In order to give a bit more substance to this post I will recall the steps to quantize the electromagnetic (EM) field (in a non-Lorentz-covariant way because this is not the point now) according to Landau/Lifschitz Vol.2 (chap.52) and Vol.4 (chap. 2). In the following up all the steps I try to recap the assumptions which are used for getting $E=n\hbar\omega$.

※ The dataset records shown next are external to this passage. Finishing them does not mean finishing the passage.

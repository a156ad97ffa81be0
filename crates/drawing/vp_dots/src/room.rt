//! Room of an allocator that is taken once: for just as many values as are asked for.
// std doesn't promise how much `vec!` and `Vec::from_slice` take.
ghost use Rattle.std.specs.Prelude.{◌≡◌, ◌+◌, ◌≤◌, ◌++◌, length, replicate, vec_capacity, IfOk};

use core::mem::replace_with;
use std::alloc::{AllocError, Allocator};

/// As many times the same value.
pub fn filled<T: Copy, A: Allocator>(
    alloc: A,
    count: usize,
    value: T,
) -> Result<Vec<T, A>, AllocError>
    ensures items { IfOk result (λ values. values.items ≡ replicate count value) }
    ensures room { IfOk result (λ values. vec_capacity values ≡ count) }
{
    let mut values = Vec::with_capacity(alloc, count)?;
    for _ in 0..count {
        values.push_reserved(value);
    }
    Ok(values)
}

/// The same values again.
pub fn copied<T: Copy, A: Allocator>(alloc: A, from: &[T]) -> Result<Vec<T, A>, AllocError>
    ensures items { IfOk result (λ values. values.items ≡ from.now) }
    ensures room { IfOk result (λ values. vec_capacity values ≡ length from.now) }
{
    let mut values = Vec::with_capacity(alloc, from.len())?;
    append_reserved(&mut values, from);
    Ok(values)
}

/// Appends values in room that there is.
pub(crate) fn append_reserved<T: Copy, A: Allocator>(values: &mut Vec<T, A>, more: &[T])
    requires { length values.old.items + length more.now ≤ vec_capacity values.old }
    ensures items { values.new.items ≡ values.old.items ++ more.now }
    ensures room { vec_capacity values.new ≡ vec_capacity values.old }
{
    // In hand its place and length stay in registers.
    replace_with(values, more, with_more)
}

fn with_more<T: Copy, A: Allocator>(mut values: Vec<T, A>, more: &[T]) -> (Vec<T, A>, ())
    requires { length values.items + length more.now ≤ vec_capacity values }
    ensures items { result.0.items ≡ values.items ++ more.now }
    ensures room { vec_capacity result.0 ≡ vec_capacity values }
{
    for value in more {
        values.push_reserved(*value);
    }
    (values, ())
}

The vector potential of the free EM-field can developed into transverse plane waves( $\mathbf{a_\mathbf{k}}\mathbf{k}=0$) $$\mathbf{A}=\sum_\mathbf{k} (\mathbf{a}_\mathbf{k} e^{i\mathbf{k r}} +\mathbf{a}^{\ast}_\mathbf{k} e^{-i\mathbf{k r}})$$

Here a discrete summation for the modes is used for simplicity, it could also be formulated continously with an integral. The discrete summation of the modes has nothing to do with the later quantisation. As we are interested in the energy respectively the Hamiltonian of the free EM-field we recall its formula (everything here is in cgs-units):

$$H \equiv E =\frac{1}{8\pi}\int (\mathbf{E}^2 +\mathbf{H}^2) dV $$

The free EM-fields can be computed with the vector potential:

$$\mathbf{E}=-\frac{1}{c}\dot{\mathbf{A}}$$ and $$\mathbf{H}=rot\mathbf{A}$$

After a longer calculation the following the result can be obtained:

$$E= \sum_\mathbf{k} \frac{k^2V}{2\pi} \mathbf{a}_\mathbf{k} \mathbf{a}^{\ast}_\mathbf{k}$$

I recall that in this approach the EM-field is considered to be inside a large, but finite volume $V$, the volume $V$ yields simply by the integration over $dV$. The quantity $k$ is given by $k^2 =\mathbf{k}^2$. In order to make use of the classical Hamiltionian formalism the canonical variables $\mathbf{Q_\mathbf{k}}$ and $\mathbf{P_\mathbf{k}}$ are introduced: $$\mathbf{Q_\mathbf{k}} = \sqrt{\frac{V}{4\pi c^2}}(\mathbf{a}_\mathbf{k} + \mathbf{a}^\ast_\mathbf{k})$$ and

$$\mathbf{P_\mathbf{k}} = -i\omega_\mathbf{k}\sqrt{\frac{V}{4\pi c^2}}(\mathbf{a}_\mathbf{k} -\mathbf{a}^\ast_\mathbf{k}) = \mathbf{\dot{Q}_\mathbf{k}}$$ So upon replacement of the $\mathbf{a}_\mathbf{k}$ by $\mathbf{Q_\mathbf{k}}$ and $\mathbf{P_\mathbf{k}}$ we get:

$$H \equiv \sum_\mathbf{k} H_\mathbf{k}= \sum_\mathbf{k}\frac{1}{2}( \mathbf{P^2_\mathbf{k}} + \omega^2_\mathbf{k}\mathbf{Q^2_\mathbf{k}})$$

The Hamiltonian equations $\frac{\partial H}{\partial\mathbf{Q_\mathbf{k}}}=- \mathbf{\dot{P}_\mathbf{k}}$ can be used to get to the following set of equations:

$$\mathbf{\ddot{Q}_\mathbf{k}} + \omega_\mathbf{k}\mathbf{Q_\mathbf{k}}=0$$

which are actually identical to the Maxwell-equations for the free EM-field. Each of the vectors $\mathbf{Q_\mathbf{k}}$ and $\mathbf{P}_\mathbf{k}$ is orthogonal to the wave vector $\mathbf{k}$ (because $\mathbf{a_\mathbf{k}}\mathbf{k}=0$ was assumed in the expression of the vector potential $\mathbf{A}$), so has 2 independent components. If both components of $\mathbf{Q_\mathbf{k}}$ are denoted as $Q_{\mathbf{k}j}$ with $j=1,2$, i.e. $\mathbf{Q}^2_\mathbf{k}= \sum_j Q^2_{\mathbf{k}j}$. The same can be done for $\mathbf{P}_\mathbf{k}$. Using this denotation we get:

$$H = \sum_{\mathbf{k}j} H_{\mathbf{k}j} = \sum_{\mathbf{k}j}\frac{1}{2}(P^2_{\mathbf{k}j} +\omega^2_kQ^2_{\mathbf{k}j} )$$

So the Hamiltonian decomposes into a series of independent terms each depending on a particular pair $Q_{\mathbf{k}j}$ and $P_{\mathbf{k}j}$. Each $H_{\mathbf{k}j}$ has the form of a one-dimensional harmonic oscillators, therefore the free EM-field can be interpreted as an assembly of many independent harmonic oscillators (HQs). So we actually recover the interpretation of the free EM-field used by Planck 1900. So far everything only classical physics was used.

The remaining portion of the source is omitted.